In 1995, the Agreement of Trade-Related Aspects of Intellectual Property Rights (TRIPS) became effective. This agreement made it obligatory for countries to use patents laws, so also in the healthcare market. These patent laws used to be absent in for example India, were generic medicine producers could ‘copy’ newly produced medicine in Europe or the US, and ship them for lower prices to Africa. This way new medicine were made affordable to developing countries. The TRIPS agreement effectively killed this market, which of course greatly benefited big pharmaceutical companies.

This ‘replication’, enabled by a lack of patents, was a positive situation for healthcare in Africa. But it was considered to be more important to protect the intellectua property of pharmaceutical companies. In recent years even in the west, even politicians from political parties that strongly support the free market, have voiced concerns about the ever-increasing cost of medicine and healthcare. But for the coming decade, there seems to be no political support to change the current system.

Q. How can we guarantee production of high-quality products in an open source based market?

A. A big part of the cost in medicine and healthcare in general is due to safety levels and regulation. So even if the R&D costs would drop dramatically in an open-source market, these costs remain. Mostly developing countries will take on regulations from the place of manufacturing, say the US, but this would also change when production is local, which is most likely the case for Mantis.

From a utilitarian point of view one could argue that in case of a severe infectious disease outbreak, lowering the safety standards is ethically defendable. The risk of the disease is far greater than the risks of subpar quality of pharmaceuticals or diagnostics. This also means that people in developing countries, during the time of an infectious disease outbreak, the people receive much less protection than those in the west, purely because of financial incentives. Furthermore, it encourages the use of people in developing countries as guinea pigs, as the severity of diseases outbreaks there also makes it easier to experiment with new pharmaceutical products, which may once found to be reliable and safe be intended for the western markets.

Q. Can DIY-bio be used effectively in developing countries? And will this create more independency of the Western World.

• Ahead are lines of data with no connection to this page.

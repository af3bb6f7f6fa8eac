//! Which states lie on a cycle: those with a move within their strongly connected component.

ghost use Rattle.std.specs.Prelude.{◌≡◌, ◌<◌, ◌↔◌, IfOk, IsTrue};
ghost use Rattle.auto_core.specs.Useful.{IsOnCycle};
ghost use Rattle.useful_states.specs.Cycles.{AreSpans, AreTargets, AreComponentNumbers};

use auto_core::{Auto, Memory};
use std::alloc::Global;
use strong_components::components_of;

/// Where the transitions of each state start, and behind them where the last ones end.
fn starts_of(alloc: Global, automaton: &Auto) -> Result<Vec<usize>, Memory>
    ensures { IfOk result (λ starts. AreSpans automaton.now starts.items) }
{
    let mut starts = Vec::new(alloc);
    starts.push(0)?;
    for state in 0..automaton.states() {
        starts.push(automaton.outgoing(state).end as usize)?;
    }
    Ok(starts)
}

/// The targets of the transitions.
fn targets_of(alloc: Global, automaton: &Auto) -> Result<Vec<u32>, Memory>
    ensures { IfOk result (λ targets. AreTargets automaton.now targets.items) }
{
    let transitions = automaton.transitions();
    let mut targets = Vec::new(alloc);
    for t in 0..transitions.len() {
        targets.push(transitions[t].target)?;
    }
    Ok(targets)
}

/// The number of each state's component. Refused where there are 2^32 - 1 states, more than a graph
/// has nodes.
pub fn component_numbers(alloc: Global, automaton: &Auto) -> Result<Vec<u32>, Memory>
    ensures { IfOk result (λ numbers. AreComponentNumbers automaton.now numbers.items) }
{
    let states = automaton.states();
    if states == 0xffff_ffff {
        return Err(Memory);
    }
    let starts = starts_of(alloc, automaton)?;
    let targets = targets_of(alloc, automaton)?;
    components_of(alloc, states, &starts, &targets)
}

/// Tells whether the state lies on a cycle.
pub fn is_on_cycle(automaton: &Auto, numbers: &[u32], state: u32) -> bool
    requires numbers { AreComponentNumbers automaton.now numbers.now }
    requires state { state < automaton.now.states }
    ensures { IsTrue result ↔ IsOnCycle automaton.now state }
{
    let span = automaton.outgoing(state);
    let transitions = automaton.transitions();
    for t in span.begin..span.end {
        if numbers[transitions[t as usize].target as usize] == numbers[state as usize] {
            return true;
        }
    }
    false
}
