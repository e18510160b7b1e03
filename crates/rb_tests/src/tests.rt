//! The tests, by what they are of.

mod cells;
mod desks;
mod faults;
mod groups;
mod limits;
mod lists;
mod runs;
mod streams;
mod texts;
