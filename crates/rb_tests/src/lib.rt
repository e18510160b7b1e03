//! Tests of the broker's crates, from outside: what no clause says and no script shows. Expected
//! values come from the rules, not from the program. Cases that a script can show are files of the
//! crate `rb_cases`. Theorem: none.
#![tactic(auto)]

#[cfg(test)]
mod tests;
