//! Answers as text.
use entry_tree::{Atom, Entry};
use roots_api::{Answer, EditError, Rows};
use std::alloc::Global;
use std::test::Fail;

// A folder, a file (`x` where it is executable) with its stamp, a link with its text, another thing, or nothing.
pub fn entry_text(alloc: Global, found: Option<&Entry>) -> Result<String, Fail> {
    match found {
        None => Ok(String::from_str(alloc, "-")?),
        Some(Entry::Dir) => Ok(String::from_str(alloc, "d")?),
        Some(Entry::File(stamp, false)) => Ok(format!(in alloc; "f{}", stamp.0)?),
        Some(Entry::File(stamp, true)) => Ok(format!(in alloc; "x{}", stamp.0)?),
        Some(Entry::Link(text)) => Ok(format!(in alloc; "l{}", text.as_str())?),
        Some(Entry::Other) => Ok(String::from_str(alloc, "o")?),
    }
}

// The same of an atom, a file without its digest.
fn atom_text(alloc: Global, found: &Option<Atom>) -> Result<String, Fail> {
    match found {
        None => Ok(String::from_str(alloc, "-")?),
        Some(Atom::Dir) => Ok(String::from_str(alloc, "d")?),
        Some(Atom::File(_, false)) => Ok(String::from_str(alloc, "f")?),
        Some(Atom::File(_, true)) => Ok(String::from_str(alloc, "x")?),
        Some(Atom::Link(text)) => Ok(format!(in alloc; "l{}", text.as_str())?),
        Some(Atom::Untracked) => Ok(String::from_str(alloc, "u")?),
        Some(Atom::Problem(_)) => Ok(String::from_str(alloc, "p")?),
    }
}

fn rows_text(alloc: Global, rows: &Rows) -> Result<String, Fail> {
    let mut text = String::from_str(alloc, "listed")?;
    for (name, entry) in rows.as_slice() {
        text.push_str(" ")?;
        text.push_str(name.as_str())?;
        text.push_str("=")?;
        text.push_str(entry_text(alloc, Some(entry))?.as_str())?;
    }
    Ok(text)
}

fn found_text(alloc: Global, word: &str, found: &Option<Entry>) -> Result<String, Fail> {
    let found = entry_text(alloc, found.as_ref())?;
    Ok(format!(in alloc; "{} {}", word, found.as_str())?)
}

// Its text, or of zero bytes their number.
fn piece_text(alloc: Global, bytes: &[u8], last: bool) -> Result<String, Fail> {
    let end = if last { "last" } else { "more" };
    if bytes.first() == Some(&0) {
        return Ok(format!(in alloc; "piece of {} {}", bytes.len(), end)?);
    }
    let text = std::str::from_utf8(bytes)?;
    Ok(format!(in alloc; "piece {} {}", text, end)?)
}

pub fn answer_text(alloc: Global, answer: &Answer) -> Result<String, Fail> {
    match answer {
        Answer::Listed(rows) => rows_text(alloc, rows),
        Answer::Held(found) => found_text(alloc, "held", found),
        Answer::Piece { bytes, last } => piece_text(alloc, bytes.as_slice(), *last),
        Answer::Changed(found) => found_text(alloc, "changed", found),
        Answer::TooLarge(bytes) => Ok(format!(in alloc; "too-large {}", *bytes)?),
        Answer::Done(Some(stamp)) => Ok(format!(in alloc; "done {}", stamp.0)?),
        Answer::NoParent(found) => found_text(alloc, "no-parent", found),
        Answer::Differs(found) => found_text(alloc, "differs", found),
        Answer::Full(room) => Ok(format!(in alloc; "full {} {}", room.log, room.bytes)?),
        _ => Ok(String::from_str(alloc, answer_word(answer))?),
    }
}

// The other answers are a word.
fn answer_word(answer: &Answer) -> &'static str {
    match answer {
        Answer::Cleared => "cleared",
        Answer::Opened => "opened",
        Answer::Kept => "kept",
        Answer::NotStaged => "not-staged",
        Answer::DigestDiffers { .. } => "digest-differs",
        Answer::Done(_) => "done",
        Answer::NoLink => "no-link",
        Answer::NoExec => "no-exec",
        Answer::NotEmpty => "not-empty",
        Answer::Failed => "failed",
        _ => "",
    }
}

pub fn edit_text(alloc: Global, outcome: &Result<(), EditError>) -> Result<String, Fail> {
    match outcome {
        Ok(()) => Ok(String::from_str(alloc, "done")?),
        Err(EditError::LogFull(size)) => Ok(format!(in alloc; "log-full {}", *size)?),
        Err(EditError::EditRefused { path, found }) => {
            let path = path.write(alloc)?;
            let found = atom_text(alloc, found)?;
            Ok(format!(in alloc; "refused {} {}", path.as_str(), found.as_str())?)
        }
        Err(EditError::BytesFull(bytes)) => Ok(format!(in alloc; "bytes-full {}", *bytes)?),
        Err(EditError::Memory) => Ok(String::from_str(alloc, "memory")?),
    }
}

A. For DIY-bio more things are required than just the DNA. A certain level of education and infrastructure is required, which is now mostly missing. For example, this year only two teams from Africa participate in iGEM. However, it can be a small step in increasing the independency of developing countries. As of now, health-care is often set up by Doctors without Borders, or dependent on benefactors like Bill Gates.

Conclusion

While the current patent-based market has its flaws and fails to offer a straightforward market-based way to provide healthcare to the poorest people in the world, it doesn’t seem likely that there will be a major change soon. Money is a major driver of innovation and by using patents, companies can protect their claim. Furthermore it seems unlikely that open source based market could be installed or effectively sustain itself alongside a patent-based market.